WHAT TO PRODUCE:
Set down each entry exactly as it stands, without altering a single character.

(Records from a data source)
********
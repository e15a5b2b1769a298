#![tactic(auto)]

// What the writer's files are to the import: theorems alone.
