// What is printed for a piece of the input, and after the last one: the answers to the lines that end in it, what is held of the line that goes on, the
// lesson's closing lines. No contract can speak of what is written to standard output.
#![tactic(auto)]

ghost use Rattle.std.specs.Prelude.{◌≡◌, ◌≤◌};
ghost use Rattle.basics.specs.Words.{true, false, [], length, take};
ghost use Rattle.writing.specs.Buffers.{at_front};
ghost use Rattle.lesson.specs.Printed.{Prints};
ghost use Rattle.lesson.specs.Tally.{is_full, line_tally, line_text, Fits};
ghost use Rattle.pieces.specs.Pieces.{Answers, printed_pieces};

use lines::Next;
use tally::Tally;

// Room for the longest line: six counts and the pairs of all answer bytes.
const OUT_BYTES: usize = 25628;

// What printing the answer to a line leads to: the tally after it, and whether everything was written. A flag, as in `Progress`.
#[derive(Clone, Copy)]
struct Printed {
    tally: Tally,
    written: bool,
}

// Prints the answer to the next line: its text, which is left at the front of `out`. Where it was not written, nothing is promised
// of the tally: so a caller that goes on after a write that failed cannot keep its own contract.
fn print_answer(rt: &impl Print, card: &[u8], line: &[u8], tally: Tally, out: &mut [u8]) -> Printed
    requires { (25628 ≤ length out.old) × Fits tally × (tally.past ≡ false) }
    ensures tally { (result.written ≡ true → result.tally ≡ line_tally card.now tally line.now) × Fits result.tally }
    ensures text { out.new ≡ at_front (line_text card.now tally line.now) out.old }
{
    let turn = lesson::answer_next(card, line, tally, out);
    let size = turn.size;
    let written = rt.write_all(&out[..size]).is_ok();
    let tally = turn.tally;
    Printed { tally, written }
}

// How far the input is answered: how many bytes are held of the line that goes on, the tally, and whether everything was written.
// After a write that failed nothing more is read or written. No `Result`: both cases have the same two fields, so it is no plainer
// (docs/DECISIONS.md, 160).
#[derive(Clone, Copy)]
pub struct Progress {
    pub held: usize,
    pub tally: Tally,
    pub written: bool,
}

// Prints the answers to the lines that end in a piece of the input, up to the first past the thousandth. The first one's bytes so
// far stand at the front of `line`, `held` of them.
pub fn answer_piece(
    rt: &impl Print,
    card: &[u8],
    piece: &[u8],
    line: &mut [u8],
    held: usize,
    tally: Tally,
    out: &mut [u8],
) -> Progress
    requires { (held ≤ 201) × (length line.old ≡ 201) × Fits tally × (tally.past ≡ false) × (25628 ≤ length out.old) }
    ensures { Answers card.now (take held line.old) piece.now tally line.new result.held result.tally result.written }
{
    let mut at = 0;
    let mut length = held;
    let mut so_far = tally;
    loop {
        let next = lines::next_line(piece, at, line, length);
        match next {
            Next::Line {
                length: whole,
                at: after,
            } => {
                let printed = print_answer(rt, card, &line[..whole], so_far, out);
                let written = printed.written;
                let tally = printed.tally;
                if tally.past | !written {
                    return Progress {
                        held: 0,
                        tally,
                        written,
                    };
                }
                so_far = tally;
                length = 0;
                at = after;
            }
            Next::Open { length: bytes } => {
                return Progress {
                    held: bytes,
                    tally: so_far,
                    written: true,
                };
            }
        }
    }
}

// Writes what is printed after the last piece to the front of a slice, and answers its length: the answer to the line that is held,
// if there is one, and the closing lines.
pub fn finish(card: &[u8], line: &[u8], tally: Tally, out: &mut [u8]) -> usize
    requires { (length out.old ≡ 25748) × Fits tally × (tally.past ≡ true → is_full tally ≡ true) }
    ensures { Prints (printed_pieces card.now tally line.now []) out.old out.new result }
{
    if tally.past | (line.len() == 0) {
        return lesson::write_closing(card, tally, out);
    }
    let room = OUT_BYTES;
    let turn = lesson::answer_next(card, line, tally, &mut out[..room]);
    let size = turn.size;
    let n = lesson::write_closing(card, turn.tally, &mut out[size..]);
    size + n
}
********
ANSWER BELOW:
repository e15a5b2b1769a298
#![tactic(auto)]

// What the writer's files are to the import: theorems alone.
// What is printed for a piece of the input, and after the last one: the answers to the lines that end in it, what is held of the line that goes on, the
// lesson's closing lines. No contract can speak of what is written to standard output.
#![tactic(auto)]

ghost use Rattle.std.specs.Prelude.{◌≡◌, ◌≤◌};
ghost use Rattle.basics.specs.Words.{true, false, [], length, take};
ghost use Rattle.writing.specs.Buffers.{at_front};
ghost use Rattle.lesson.specs.Printed.{Prints};
ghost use Rattle.lesson.specs.Tally.{is_full, line_tally, line_text, Fits};
ghost use Rattle.pieces.specs.Pieces.{Answers, printed_pieces};

use lines::Next;
use tally::Tally;

// Room for the longest line: six counts and the pairs of all answer bytes.
const OUT_BYTES: usize = 25628;

// What printing the answer to a line leads to: the tally after it, and whether everything was written. A flag, as in `Progress`.
#[derive(Clone, Copy)]
struct Printed {
    tally: Tally,
    written: bool,
}

// Prints the answer to the next line: its text, which is left at the front of `out`. Where it was not written, nothing is promised
// of the tally: so a caller that goes on after a write that failed cannot keep its own contract.
fn print_answer(rt: &impl Print, card: &[u8], line: &[u8], tally: Tally, out: &mut [u8]) -> Printed
    requires { (25628 ≤ length out.old) × Fits tally × (tally.past ≡ false) }
    ensures tally { (result.written ≡ true → result.tally ≡ line_tally card.now tally line.now) × Fits result.tally }
    ensures text { out.new ≡ at_front (line_text card.now tally line.now) out.old }
{
    let turn = lesson::answer_next(card, line, tally, out);
    let size = turn.size;
    let written = rt.write_all(&out[..size]).is_ok();
    let tally = turn.tally;
    Printed { tally, written }
}

// How far the input is answered: how many bytes are held of the line that goes on, the tally, and whether everything was written.
// After a write that failed nothing more is read or written. No `Result`: both cases have the same two fields, so it is no plainer
// (docs/DECISIONS.md, 160).
#[derive(Clone, Copy)]
pub struct Progress {
    pub held: usize,
    pub tally: Tally,
    pub written: bool,
}

// Prints the answers to the lines that end in a piece of the input, up to the first past the thousandth. The first one's bytes so
// far stand at the front of `line`, `held` of them.
pub fn answer_piece(
    rt: &impl Print,
    card: &[u8],
    piece: &[u8],
    line: &mut [u8],
    held: usize,
    tally: Tally,
    out: &mut [u8],
) -> Progress
    requires { (held ≤ 201) × (length line.old ≡ 201) × Fits tally × (tally.past ≡ false) × (25628 ≤ length out.old) }
    ensures { Answers card.now (take held line.old) piece.now tally line.new result.held result.tally result.written }
{
    let mut at = 0;
    let mut length = held;
    let mut so_far = tally;
    loop {
        let next = lines::next_line(piece, at, line, length);
        match next {
            Next::Line {
                length: whole,
                at: after,
            } => {
                let printed = print_answer(rt, card, &line[..whole], so_far, out);
                let written = printed.written;
                let tally = printed.tally;
                if tally.past | !written {
                    return Progress {
                        held: 0,
                        tally,
                        written,
                    };
                }
                so_far = tally;
                length = 0;
                at = after;
            }
            Next::Open { length: bytes } => {
                return Progress {
                    held: bytes,
                    tally: so_far,
                    written: true,
                };
            }
        }
    }
}

// Writes what is printed after the last piece to the front of a slice, and answers its length: the answer to the line that is held,
// if there is one, and the closing lines.
pub fn finish(card: &[u8], line: &[u8], tally: Tally, out: &mut [u8]) -> usize
    requires { (length out.old ≡ 25748) × Fits tally × (tally.past ≡ true → is_full tally ≡ true) }
    ensures { Prints (printed_pieces card.now tally line.now []) out.old out.new result }
{
    if tally.past | (line.len() == 0) {
        return lesson::write_closing(card, tally, out);
    }
    let room = OUT_BYTES;
    let turn = lesson::answer_next(card, line, tally, &mut out[..room]);
    let size = turn.size;
    let n = lesson::write_closing(card, turn.tally, &mut out[size..]);
    size + n
}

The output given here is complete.